I'm sorry if some of you are offended by this policy. If you want free patterns you can surf the net and use your printer and ink to print out patterns.


----------



## Cari (Aug 7, 2011)

I think people are talking about the free patterns, not the ones in the books. I understand both sides.


----------



## iklock (May 31, 2011)

I'm not suggesting that the yarn shops hand out the patterns for FREE, only that they let us BUY the patterns without buying the yarn. I don't notice the grocery stores making us buy glasses to drink out of when we buy milk....


----------



## iklock (May 31, 2011)

Cari, I think you are missing the point here. We are NOT talking about the stores handing out FREE patterns, we are talking about not being able to PURCHASE a patterns without having to also buy the yarn. I have no problem paying for patterns, but I do want to choose my own yarn for many reasons.


----------



## Cari (Aug 7, 2011)

Klock I totally agree you. No ones copyright is hurt by this. The designer, to me, would be making more money if patterns were sold separately, if desired also. People wouldn't be tempted to copy patterns, for the most part. That is something I would never consider, personally.
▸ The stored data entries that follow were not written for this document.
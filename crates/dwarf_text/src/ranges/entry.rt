// The entries of range lists, one by one.
ghost use Rattle.std.specs.Prelude.{◌≡◌, ◌+◌, ◌-◌, ◌<◌, ◌≤◌, length, IfNone, IfOk, IfSome};
ghost use Rattle.abi_base.specs.declared.fault.FaultKind.TheVariants as kind;
ghost use Rattle.dwarf_forms.specs.Values.{fault};
ghost use Rattle.dwarf_text.specs.ranges.RangeLists.{field_at, fields_step, kind_step, list_step, pair_step, pair_means};
ghost use Rattle.dwarf_text.specs.ranges.RangeLists as spec;
ghost use Rattle.dwarf_text.specs.declared.ranges.layout.Field.TheVariants as the_field;
ghost use Rattle.dwarf_text.specs.ranges.EntrySteps.{seen_entry, seen_step};
ghost use Rattle.dwarf_text.specs.ranges.FirstBytes.{bytes_behind, list_bytes, pair_bytes};

use crate::ranges::constants::{BASE_SELECTION, DW_RLE_end_of_list};
use crate::ranges::layout::{Field, Layout, Role, layout_by_kind};
use abi_base::{Fault, FaultKind, table_address, u64_at, uint_at, uleb};
use dwarf_forms::DebugInfoOffset;

// The sizes in bytes of an entry kind and of an address.
const KIND_SIZE: usize = 1;

const ADDRESS_SIZE: usize = 8;

// The bytes of range lists and of the addresses that they use.
#[derive(Clone, Copy)]
pub(crate) struct Source<'a> {
    // `.debug_rnglists`, or `.debug_ranges`
    pub(crate) bytes: &'a [u8],
    // `.debug_addr`
    pub(crate) addr: &'a [u8],
    // the base of the unit's part of it
    pub(crate) addr_base: Option<u64>,
    // the offset of the debugging information entry with the list
    pub(crate) entry: DebugInfoOffset,
}

// An entry of a list: the start of its range, or None where it selects a base; then the base and the offset after it.
#[derive(Clone, Copy)]
pub(crate) struct Entry {
    pub(crate) start: Option<u64>,
    pub(crate) base: u64,
    pub(crate) after: usize,
}

// The meaning of an entry's first field.
fn meant(role: Role, base: u64, number: u64) -> (Option<u64>, u64)
    ensures { result ≡ spec.meant role base number }
{
    match role {
        Role::Base => (None, number),
        Role::Offset => (Some(base.wrapping_add(number)), base),
        Role::Start => (Some(number), base),
    }
}

impl<'a> Source<'a> {
    fn malformed(&self) -> Fault
        ensures { result ≡ fault kind.Ranges self.now.entry }
    {
        Fault {
            kind: FaultKind::Ranges,
            at: self.entry.get(),
        }
    }

    // The address with an index, which is an unsigned LEB128.
    fn indexed(&self, at: usize) -> Result<(u64, usize), Fault>
        ensures read { result ≡ field_at self.now.addr.now self.now.addr_base self.now.entry self.now.bytes.now
            the_field.Index at }
        ensures after { IfOk result (λ r. at ≤ r.1) }
        ensures inside { IfOk result (λ r. r.1 ≤ length self.now.bytes.now) }
    {
        match uleb(self.bytes, at) {
            Some((index, after)) => match table_address(self.addr, self.addr_base, index) {
                Some(address) => Ok((address, after)),
                None => Err(Fault {
                    kind: FaultKind::Index,
                    at: self.entry.get(),
                }),
            },
            None => Err(self.malformed()),
        }
    }

    // The number of a field.
    fn field(&self, field: Field, at: usize) -> Result<(u64, usize), Fault>
        requires { at ≤ length self.now.bytes.now }
        ensures read { result ≡ field_at self.now.addr.now self.now.addr_base self.now.entry self.now.bytes.now
            field at }
        ensures after { IfOk result (λ r. at ≤ r.1) }
        ensures inside { IfOk result (λ r. r.1 ≤ length self.now.bytes.now) }
    {
        match field {
            Field::Index => self.indexed(at),
            Field::Address => match u64_at(self.bytes, at) {
                Some(address) => Ok((address, at + ADDRESS_SIZE)),
                None => Err(self.malformed()),
            },
            Field::Number => match uleb(self.bytes, at) {
                Some(read) => Ok(read),
                None => Err(self.malformed()),
            },
            Field::Absent => Ok((0, at)),
        }
    }

    // The entry whose kind is the byte before `at`.
    fn fields(&self, layout: Layout, at: usize, base: u64) -> Result<Entry, Fault>
        requires { at ≤ length self.now.bytes.now }
        ensures read { seen_entry result ≡ fields_step self.now.addr.now self.now.addr_base self.now.entry
            self.now.bytes.now layout (at, base) }
        ensures after { IfOk result (λ e. at ≤ e.after) }
        ensures inside { IfOk result (λ e. e.after ≤ length self.now.bytes.now) }
    {
        let (number, second) = self.field(layout.first, at)?;
        let (_, after) = self.field(layout.second, second)?;
        let (start, base) = meant(layout.role, base, number);
        Ok(Entry { start, base, after })
    }

    // The entry with this kind, whose fields begin at `at`, or None where the list ends.
    #[tactic(auto, unfolding(crate::specs::ranges::RangeLists::kind_step))]
    fn entry_of_kind(&self, kind: u64, at: usize, base: u64) -> Result<Option<Entry>, Fault>
        requires { at ≤ length self.now.bytes.now }
        ensures read { seen_step result ≡ kind_step self.now.addr.now self.now.addr_base self.now.entry
            self.now.bytes.now kind (at, base) }
        ensures after { IfOk result (λ o. IfSome o (λ e. at ≤ e.after)) }
        ensures inside { IfOk result (λ o. IfSome o (λ e. e.after ≤ length self.now.bytes.now)) }
    {
        if kind == DW_RLE_end_of_list {
            return Ok(None);
        }
        match layout_by_kind(kind) {
            Some(layout) => match self.fields(layout, at, base) {
                Ok(entry) => Ok(Some(entry)),
                Err(fault) => Err(fault),
            },
            None => Err(self.malformed()),
        }
    }

    // The entry at an offset in `.debug_rnglists`, or None where the list ends.
    #[tactic(auto, unfolding(crate::specs::ranges::RangeLists::list_step))]
    pub(crate) fn list_entry(&self, at: usize, base: u64) -> Result<Option<Entry>, Fault>
        ensures read { seen_step result ≡ list_step self.now.addr.now self.now.addr_base self.now.entry
            self.now.bytes.now (at, base) }
        ensures after { IfOk result (λ o. IfSome o (λ e. at < e.after)) }
        ensures inside { IfOk result (λ o. IfSome o (λ e. e.after ≤ length self.now.bytes.now)) }
    {
        match uint_at(self.bytes, at, KIND_SIZE) {
            Some(kind) => self.entry_of_kind(kind, at + KIND_SIZE, base),
            None => Err(self.malformed()),
        }
    }

    // The pair at an offset in `.debug_ranges`, or None where the list ends.
    #[tactic(auto, unfolding(crate::specs::ranges::RangeLists::pair_step))]
    pub(crate) fn pair_entry(&self, at: usize, base: u64) -> Result<Option<Entry>, Fault>
        ensures read { seen_step result ≡ pair_step self.now.entry self.now.bytes.now (at, base) }
        ensures after { IfOk result (λ o. IfSome o (λ e. at < e.after)) }
        ensures inside { IfOk result (λ o. IfSome o (λ e. e.after ≤ length self.now.bytes.now)) }
    {
        let Some(first) = u64_at(self.bytes, at) else {
            return Err(self.malformed());
        };
        let Some(second) = u64_at(self.bytes, at + ADDRESS_SIZE) else {
            return Err(self.malformed());
        };
        let after = at + ADDRESS_SIZE + ADDRESS_SIZE;
        if first == 0 && second == 0 {
            Ok(None)
        } else if first == BASE_SELECTION {
            Ok(Some(Entry {
                start: None,
                base: second,
                after,
            }))
        } else {
            Ok(Some(Entry {
                start: Some(base.wrapping_add(first)),
                base,
                after,
            }))
        }
    }

    // The entry at an offset in `.debug_rnglists`, or None where the list ends or has a fault: how many bytes are read up to the
    // first range.
    pub(crate) fn sized_list(&self, at: usize) -> Option<Entry>
        ensures size { IfSome result (λ e. list_bytes self.now.addr.now self.now.addr_base self.now.entry
            self.now.bytes.now at ≡ (e.after - at)
            + bytes_behind (list_step self.now.addr.now self.now.addr_base self.now.entry self.now.bytes.now)
            (length self.now.bytes.now) e.start e.after) }
        ensures none { IfNone result (list_bytes self.now.addr.now self.now.addr_base self.now.entry
            self.now.bytes.now at ≡ 0) }
        ensures after { IfSome result (λ e. at < e.after) }
        ensures inside { IfSome result (λ e. e.after ≤ length self.now.bytes.now) }
    {
        match self.list_entry(at, 0) {
            Ok(entry) => entry,
            Err(_) => None,
        }
    }

    // The same of the pair at an offset in `.debug_ranges`.
    pub(crate) fn sized_pair(&self, at: usize) -> Option<Entry>
        ensures size { IfSome result (λ e. pair_bytes self.now.entry self.now.bytes.now at
            ≡ (e.after - at) + bytes_behind (pair_step self.now.entry self.now.bytes.now)
            (length self.now.bytes.now) e.start e.after) }
        ensures none { IfNone result (pair_bytes self.now.entry self.now.bytes.now at ≡ 0) }
        ensures after { IfSome result (λ e. at < e.after) }
        ensures inside { IfSome result (λ e. e.after ≤ length self.now.bytes.now) }
    {
        match self.pair_entry(at, 0) {
            Ok(entry) => entry,
            Err(_) => None,
        }
    }
}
I guess it was a long night for me and not reading straight earlier.


----------



## insanitynz (Mar 14, 2011)

never heard of it not here in new zealand they wouldn't dare


----------



## courier770 (Jan 29, 2011)

This is a caveat that the yarn shop and designer have entered into as a joint venture. If you don't like it you are free to take your business elsewhere.

You do NOT know what the agreement between the designer and yarn company or shop is, so how can you say that no one is hurt by breaking the agreement?


----------



## mamaknits (Mar 18, 2011)

We have 3 yarn shops in my area, and I will not purchase at the 2 who get tight about yarn/patterns/rules. The other one has my business (and I tell all knitters she's the best)for life. She will help anyone with any pattern anytime they ask. THIS is good business. And kind. So many patterns on Ravelry, I would substitute a pattern and buy online if it came down to it.
Forest


----------



## Cari (Aug 7, 2011)

I believe this is what people are saying. They take their business elsewhere. How does the designer profit for the most part with having to buy your yarn at the same store as the pattern? They end up losing. Not everyone can afford many expensive yarn or have allergies to some fibers in certain yarns. Nuff said.


----------



## CamillaDesertMouse (Mar 19, 2011)

No joke...its like going to Macys to buy a new pair of shoes and sales clerk says...you cannot buy THOSE shoes unless you buy a dress???

Sorry but just not right.

Camilla



NancyB said:


> It's EXTORTION ladies. Tell them loudly next time it happens and then maybe they will be shamed into stopping this practice.


----------



## Yellowrose (Jul 24, 2011)

A lot of small shops do it because they can only afford to buy limited amounts of the more expensive yarns. In the case of something like Toe-footies yarn, they had a sock club going for something like a year. The patterns where sent but were a non-saleable, copyrighted pattern. So you bought the yarn and were given the pattern to go with it. This also ensured that the small shops had enough of the yarn for that months project for those who were doing the club thing.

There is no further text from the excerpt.